[Opening DATA TO USE section]

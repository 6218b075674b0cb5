//! The tests of `directed_search`.
#![tactic(auto)]

#[cfg(test)]
mod directed_search_tests;
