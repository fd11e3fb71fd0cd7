//! Laws of prepared submissions. Each function is a law: its body is empty, and its clause is what the proof shows.

ghost use Rattle.dsa_prepared.specs.Laws.{FilledIsEmission, AlignedBasesAlign, FilledIsPlanned, FilledAnyIsPlanned, PreparedWithoutFences};

/// A filled template has the bytes that submit the same plan of the relocated pieces.
pub fn filled_is_emission()
    ensures { FilledIsEmission }
{}

/// Bases that keep the units and the ties keep each operation aligned.
pub fn aligned_bases_align()
    ensures { AlignedBasesAlign }
{}

/// What is filled of a prepared list is what planning it on the new buffers answers, with its fences as barriers.
pub fn filled_is_planned()
    ensures { FilledIsPlanned }
{}

/// The same of a list that may have checksums.
pub fn filled_any_is_planned()
    ensures { FilledAnyIsPlanned }
{}

/// A list without fences is prepared of the operations that it spells and of the plan that
/// [`plan_list`](dsa_calls::plan_list()) returns.
pub fn prepared_without_fences()
    ensures { PreparedWithoutFences }
{}
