//! What eight bytes of a prepared entry hold.

/// What eight bytes of a prepared entry hold.
#[derive(Clone, Copy)]
pub enum Word {
    /// An address of the region of this number, at this offset.
    InRegion(usize, u64),
    /// An address of the staging area, at this offset.
    InStaging(u64),
    /// The same number for all bases.
    Fixed(u64),
}
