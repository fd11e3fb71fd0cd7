//! The parts of a prepared submission, as they are made.

use crate::entry::Entry;
use crate::tie::Tie;
use dsa_descriptor::Span;
use std::marker::Model;

/// The parts of a prepared submission, as they are made. Contracts see them as a `Template`.
#[derive(Drop)]
pub(crate) struct Parts {
    pub(crate) regions: Vec<Span>,
    pub(crate) units: Vec<u64>,
    pub(crate) ties: Vec<Tie>,
    pub(crate) portal: Vec<Entry>,
    pub(crate) staging: Vec<Entry>,
    pub(crate) batches: usize,
    pub(crate) pieces: usize,
}

impl Model for Parts {
    ghost use Rattle.dsa_prepared.specs.Templates.{Template, template};
    ghost use Rattle.dsa_prepared.specs.Sound.{IsSound};

    ghost Value = { Template };

    ghost view = { λ p. template p.regions.items p.units.items p.ties.items
        p.portal.items p.staging.items p.batches p.pieces };

    ghost invariant = { λ p. IsSound (template p.regions.items p.units.items p.ties.items
        p.portal.items p.staging.items p.batches p.pieces) };
}
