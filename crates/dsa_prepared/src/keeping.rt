//! Laws of relocation. Each function is a law: its body is empty, and its clause is what the proof shows.

ghost use Rattle.dsa_prepared.specs.Relocation.{MeetingSpansStay, ConflictsStay, PlacesStay, ChoiceStays, RegionsAreOneToOne, RegionsKeepOffsets, PiecesRelocate, PiecesLie};
ghost use Rattle.std.specs.Prelude.{◌≡◌, map};
ghost use Rattle.std.specs.List.{AllByRecursion};
ghost use Rattle.dsa_prepared.specs.Relocated.{relocated_fields};
ghost use Rattle.dsa_prepared.specs.Regions.{relocated};
ghost use Rattle.dsa_prepared.specs.Samples.{sample_regions, sample_settings, sample_staging, sample_list, relocated_sample};
ghost use Rattle.dsa_prepared.specs.Submissions.{MayRelocate, SubmissionRelocates};
ghost use Rattle.dsa_prepared.specs.Listed.{IsAlignedAt, ListedRelocates, PlansRelocate};

/// Two spans that each lie in one region meet exactly if their relocated spans do.
pub fn meeting_spans_stay()
    ensures { MeetingSpansStay }
{}

/// Two descriptors conflict exactly if the relocated ones do, by themselves and by their places in a list.
pub fn conflicts_stay()
    ensures two { ConflictsStay }
    ensures places { PlacesStay }
{}

/// The chosen plan, its prices and its pairs are those of the relocated pieces.
pub fn choice_stays()
    ensures { ChoiceStays }
{}

/// Disjoint regions relocate no two of their addresses to the same address.
pub fn regions_are_one_to_one()
    ensures { RegionsAreOneToOne }
{}

/// Each address of a span that lies in one such region keeps its offset in the span.
pub fn regions_keep_offsets()
    ensures { RegionsKeepOffsets }
{}

/// The pieces of relocated operations are their relocated pieces.
pub fn pieces_relocate()
    ensures { PiecesRelocate }
{}

/// The submission of relocated operations and their barriers: the same plan, certificate and cost, and the emission of
/// the relocated pieces.
pub fn submission_relocates()
    ensures { SubmissionRelocates }
{}

/// A listed descriptor is listed after relocation, if it is aligned there.
pub fn listed_relocates()
    ensures { ListedRelocates }
{}

/// Planning the relocated list, with its fences, answers the relocated submission.
pub fn plans_relocate()
    ensures { PlansRelocate }
{}

/// Each span of a piece lies in one region, if those of its operation do.
pub fn pieces_lie()
    ensures { PiecesLie }
{}

/// The premises of the laws can hold: they do for a computed sample, a move in two pieces on three regions.
pub fn samples_relocate()
    ensures may { MayRelocate sample_regions sample_staging sample_settings sample_list }
    ensures aligned { AllByRecursion (IsAlignedAt (relocated sample_regions)) sample_list }
    ensures list { map (relocated_fields (relocated sample_regions)) sample_list ≡
        relocated_sample }
{}
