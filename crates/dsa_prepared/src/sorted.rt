//! Whether regions in any order of their new bases have no address in common.

ghost use Rattle.std.specs.Prelude.{◌≡◌, ℕ, ◌<◌, ◌≤◌, length, map, slice_index, IsTrue};
ghost use Rattle.dsa_prepared.specs.Filling.{AllBelow, AreRising, IsApartFromEarlier};
ghost use Rattle.dsa_prepared.specs.Rows.{region_in};

use crate::filling::new_region;
use crate::row::Row;

/// The fewest regions that are sorted: for fewer, a look at each pair is faster.
const FEWEST_SORTED: usize = 17;

/// The most regions that are sorted. Their numbers lie on the stack, since filling allocates nothing.
const MOST_SORTED: usize = 1024;

/// The base of the region of that number.
fn base_of(bases: &[u64], region: u16) -> u64 {
    let region = region as usize;
    if region < bases.len() {
        bases[region]
    } else {
        0
    }
}

/// Makes the numbers of the regions, in the order of their bases. No clause says so: what relies on it tests it.
fn sort_by_base(order: &mut [u16], bases: &[u64])
    requires { length order.old ≤ 1024 }
    ensures { length order.new ≡ length order.old }
{
    for k in 0..order.len() {
        order[k] = k as u16;
    }
    order.sort_unstable_by_key(|region| base_of(bases, *region));
}

/// Whether these are numbers of regions, each of which ends before the next one begins.
fn are_rising(regions: &[Row], bases: &[u64], order: &[u16]) -> bool
    requires { length bases.now ≡ length regions.now }
    ensures { IsTrue result → AreRising (map region_in regions.now) bases.now
        order.now (length order.now) }
{
    let mut top = 0;
    for place in 0..order.len() {
        let number = order[place] as usize;
        if number >= regions.len() {
            return false;
        }
        let region = new_region(regions, bases, number);
        if u128::from(region.first) < top {
            return false;
        }
        top = region.end();
    }
    true
}

/// Notes for each number of the order its place.
fn set_ranks(order: &[u16], ranks: &mut [u16])
    requires { length order.now ≤ 1024 }
    ensures { length ranks.new ≡ length ranks.old }
{
    for place in 0..order.len() {
        let number = order[place] as usize;
        if number < ranks.len() {
            ranks[number] = place as u16;
        }
    }
}

/// Whether each number has the place in the order that is noted.
fn are_ranks(order: &[u16], ranks: &[u16]) -> bool
    requires { length ranks.now ≡ length order.now }
    ensures { IsTrue result → AllBelow (length order.now)
        (λ k. (p : ℕ) × (p < length order.now) × (slice_index order.now p ≡ k)) }
{
    for number in 0..order.len() {
        let place = ranks[number] as usize;
        if place >= order.len() {
            return false;
        }
        if order[place] as usize != number {
            return false;
        }
    }
    true
}

/// Whether no two regions have an address in common. The answer may also be no if there are too few or too many to
/// sort, or a region is empty.
#[inline(never)]
pub(crate) fn are_apart(regions: &[Row], bases: &[u64]) -> bool
    requires { length bases.now ≡ length regions.now }
    ensures { IsTrue result → AllBelow (length regions.now)
        (IsApartFromEarlier (map region_in regions.now) bases.now) }
{
    let count = regions.len();
    if count < FEWEST_SORTED {
        return false;
    }
    if count > MOST_SORTED {
        return false;
    }
    let mut numbers = [0u16; MOST_SORTED];
    let order = &mut numbers[..count];
    sort_by_base(order, bases);
    if !are_rising(regions, bases, order) {
        return false;
    }
    let mut places = [0u16; MOST_SORTED];
    let ranks = &mut places[..count];
    set_ranks(order, ranks);
    are_ranks(order, ranks)
}
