//! Making the template of a plan and its pieces.

ghost use Rattle.std.specs.Prelude.{◌≡◌, ◌≤◌, ◌∷◌, [], take, drop, length, IfOk, MatchOption};
ghost use Rattle.dsa_descriptor.specs.Pieces.{most_pieces};
ghost use Rattle.dsa_settings.specs.Plan.{piece_count};
ghost use Rattle.dsa_operations.specs.Operands.{seed_of};
ghost use Rattle.dsa_prepared.specs.Preparing.{AreRegions};
ghost use Rattle.dsa_prepared.specs.Regions.{AllPiecesLie};
ghost use Rattle.dsa_prepared.specs.Entries.{destination_word, entry_of, first_word, own_word, second_word, seed_word, source_word, words_of};
ghost use Rattle.dsa_prepared.specs.Sound.{AreNonempty};
ghost use Rattle.dsa_prepared.specs.Templates.{asked, op_asked, op_ties, raised, template_of, tied, ties_of, units_of};

use crate::entry::Entry;
use crate::groups::{batch_count, portal_entries, staging_entries};
use crate::parts::Parts;
use crate::places::{place_in, word_at};
use crate::prepared::Prepared;
use crate::tie::Tie;
use crate::word::Word;
use dsa_descriptor::{Op, Span, write_fenced_entry};
use dsa_operations::{ChecksumOp, Operation, Seed};
use dsa_plan::Plan;
use std::alloc::{AllocError, Global};

/// Bytes 0 to 7.
fn head_of(bytes: &[u8; 64]) -> [u8; 8]
    ensures { result ≡ take 8 bytes.now }
{
    let (eights, _) = bytes.as_chunks::<8>();
    eights[0]
}

/// Bytes 32 to 39.
fn middle_of(bytes: &[u8; 64]) -> [u8; 8]
    ensures { result ≡ take 8 (drop 32 bytes.now) }
{
    let (eights, _) = bytes.as_chunks::<8>();
    eights[4]
}

/// The words of an entry.
#[derive(Clone, Copy)]
struct Words {
    completion: Word,
    first: Word,
    second: Word,
    own: Word,
}

/// The words of an operation.
fn words_of(regions: &[Span], operation: &Operation) -> Words
    requires { AreRegions regions.now }
    ensures { result ≡ words_of regions.now operation.now }
{
    match operation {
        Operation::Descriptor(descriptor) => Words {
            completion: word_at(regions, descriptor.record_at),
            first: first_word(regions, &descriptor.op),
            second: second_word(regions, &descriptor.op),
            own: own_word(regions, &descriptor.op),
        },
        Operation::Checksum(checksum) => Words {
            completion: word_at(regions, checksum.record_at),
            first: source_word(regions, &checksum.op),
            second: destination_word(regions, &checksum.op),
            own: seed_word(regions, &checksum.op),
        },
    }
}

/// The entry of a piece, fenced or not.
pub(crate) fn entry_of(regions: &[Span], fence: bool, piece: &Operation) -> Entry
    requires { AreRegions regions.now }
    ensures { result ≡ entry_of regions.now fence piece.now }
{
    let bytes = write_fenced_entry(piece, fence);
    let head = head_of(&bytes);
    let middle = middle_of(&bytes);
    let words = words_of(regions, piece);
    Entry {
        head,
        completion: words.completion,
        first: words.first,
        second: words.second,
        middle,
        own: words.own,
    }
}

/// Bytes 16 to 23 of the descriptor.
fn first_word(regions: &[Span], op: &Op) -> Word
    requires { AreRegions regions.now }
    ensures { result ≡ first_word regions.now op.now }
{
    match *op {
        Op::Move { src, .. }
        | Op::Compare { src, .. }
        | Op::ComparePattern { src, .. }
        | Op::Dualcast { src, .. } => word_at(regions, src),
        Op::Fill { pattern, .. } => Word::Fixed(pattern),
        Op::ApplyDelta { delta, .. } => word_at(regions, delta),
    }
}

/// Bytes 24 to 31 of the descriptor.
fn second_word(regions: &[Span], op: &Op) -> Word
    requires { AreRegions regions.now }
    ensures { result ≡ second_word regions.now op.now }
{
    match *op {
        Op::Move { dst, .. }
        | Op::Fill { dst, .. }
        | Op::ApplyDelta { dst, .. }
        | Op::Dualcast { dst, .. } => word_at(regions, dst),
        Op::Compare { src2, .. } => word_at(regions, src2),
        Op::ComparePattern { pattern, .. } => Word::Fixed(pattern),
    }
}

/// Bytes 40 to 47 of the descriptor.
fn own_word(regions: &[Span], op: &Op) -> Word
    requires { AreRegions regions.now }
    ensures { result ≡ own_word regions.now op.now }
{
    match *op {
        Op::Move { .. } | Op::Fill { .. } => Word::Fixed(0),
        Op::Compare { expected, .. } | Op::ComparePattern { expected, .. } => {
            Word::Fixed(u64::from(expected))
        }
        Op::ApplyDelta { record_size, .. } => Word::Fixed(u64::from(record_size)),
        Op::Dualcast { dst2, .. } => word_at(regions, dst2),
    }
}

/// Bytes 16 to 23 of the checksum.
fn source_word(regions: &[Span], op: &ChecksumOp) -> Word
    requires { AreRegions regions.now }
    ensures { result ≡ source_word regions.now op.now }
{
    match *op {
        ChecksumOp::Crc { src, .. } | ChecksumOp::CopyCrc { src, .. } => word_at(regions, src),
    }
}

/// Bytes 24 to 31 of the checksum.
fn destination_word(regions: &[Span], op: &ChecksumOp) -> Word
    requires { AreRegions regions.now }
    ensures { result ≡ destination_word regions.now op.now }
{
    match *op {
        ChecksumOp::Crc { .. } => Word::Fixed(0),
        ChecksumOp::CopyCrc { dst, .. } => word_at(regions, dst),
    }
}

/// The seed of the checksum: its value, or the address from which it is read.
fn seed_word(regions: &[Span], op: &ChecksumOp) -> Word
    requires { AreRegions regions.now }
    ensures { result ≡ seed_word regions.now (seed_of op.now) }
{
    match *op {
        ChecksumOp::Crc { seed, .. } | ChecksumOp::CopyCrc { seed, .. } => match seed {
            Seed::Given(value) => Word::Fixed(u64::from(value)),
            Seed::At(address) => word_at(regions, address),
        },
    }
}

/// Raises the region's unit to at least this one.
fn raise(units: &mut [u64], region: usize, unit: u64)
    ensures { units.new ≡ raised units.old region unit }
{
    if region < units.len() && units[region] < unit {
        units[region] = unit;
    }
}

/// Raises the unit of a delta's destination.
fn ask_delta(units: &mut [u64], regions: &[Span], op: &Op)
    requires { AreRegions regions.now }
    ensures { units.new ≡ op_asked regions.now units.old op.now }
{
    match *op {
        Op::ApplyDelta { dst, .. } => raise(units, place_in(regions, dst).0, 8),
        Op::Move { .. }
        | Op::Fill { .. }
        | Op::Compare { .. }
        | Op::ComparePattern { .. }
        | Op::Dualcast { .. } => (),
    }
}

/// Raises the units to what the operation asks of its regions.
fn ask(units: &mut [u64], regions: &[Span], operation: &Operation)
    requires { AreRegions regions.now }
    ensures { units.new ≡ asked regions.now units.old operation.now }
{
    match operation {
        Operation::Descriptor(descriptor) => {
            raise(units, place_in(regions, descriptor.record_at).0, 32);
            ask_delta(units, regions, &descriptor.op);
        }
        Operation::Checksum(checksum) => {
            raise(units, place_in(regions, checksum.record_at).0, 32);
        }
    }
}

/// The unit of each region.
fn units_of(
    alloc: Global,
    regions: &[Span],
    operations: &[Operation],
) -> Result<Vec<u64>, AllocError>
    requires { AreRegions regions.now }
    ensures { IfOk result (λ units. units.items ≡ units_of regions.now operations.now) }
{
    let mut units = vec![in alloc; 1; regions.len()]?;
    for operation in operations {
        ask(&mut units, regions, operation);
    }
    Ok(units)
}

/// The tie of a dualcast's destinations.
fn tie_of(regions: &[Span], op: &Op) -> Option<Tie>
    requires { AreRegions regions.now }
    ensures { MatchOption result (op_ties regions.now op.now ≡ [])
        (λ tie. op_ties regions.now op.now ≡ tie ∷ []) }
{
    match *op {
        Op::Dualcast { dst, dst2, .. } => {
            let (region, offset) = place_in(regions, dst);
            let (other, other_offset) = place_in(regions, dst2);
            Some(Tie {
                region,
                offset,
                other,
                other_offset,
            })
        }
        Op::Move { .. }
        | Op::Fill { .. }
        | Op::Compare { .. }
        | Op::ComparePattern { .. }
        | Op::ApplyDelta { .. } => None,
    }
}

/// The tie of an operation.
fn tied(regions: &[Span], operation: &Operation) -> Option<Tie>
    requires { AreRegions regions.now }
    ensures { MatchOption result (tied regions.now operation.now ≡ [])
        (λ tie. tied regions.now operation.now ≡ tie ∷ []) }
{
    match operation {
        Operation::Descriptor(descriptor) => tie_of(regions, &descriptor.op),
        Operation::Checksum(_) => None,
    }
}

/// The addresses that have to agree in their low 12 bits.
fn ties_of(
    alloc: Global,
    regions: &[Span],
    operations: &[Operation],
) -> Result<Vec<Tie>, AllocError>
    requires { AreRegions regions.now }
    ensures { IfOk result (λ ties. ties.items ≡ ties_of regions.now operations.now) }
{
    let mut ties = Vec::new(alloc);
    for operation in operations {
        match tied(regions, operation) {
            Some(tie) => ties.push(tie)?,
            None => (),
        }
    }
    Ok(ties)
}

/// The template of operations, their pieces and the plan of these.
pub(crate) fn template_of(
    alloc: Global,
    regions: &[Span],
    operations: &[Operation],
    plan: &Plan,
    pieces: &[Operation],
) -> Result<Prepared, AllocError>
    requires rising { AreRegions regions.now }
    requires operations_lie { AllPiecesLie regions.now operations.now }
    requires pieces_lie { AllPiecesLie regions.now pieces.now }
    requires covers { piece_count plan.now ≡ length pieces.now }
    requires few { length pieces.now ≤ most_pieces }
    requires nonempty { AreNonempty plan.now }
    ensures { IfOk result (λ t.
        t ≡ template_of regions.now operations.now plan.now pieces.now) }
{
    let groups = plan.groups();
    let parts = Parts {
        regions: regions.to_vec(alloc)?,
        units: units_of(alloc, regions, operations)?,
        ties: ties_of(alloc, regions, operations)?,
        portal: portal_entries(alloc, regions, groups, pieces)?,
        staging: staging_entries(alloc, regions, groups, pieces)?,
        batches: batch_count(groups),
        pieces: pieces.len(),
    };
    Prepared::of(alloc, &parts)
}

[Closing DATA TO USE section]

§ **WHAT YOU ARE ASKED TO DO**
Within this listing, how many lines hold "have"? Give the number alone.

§ **ANSWER TO THIS TASK**
4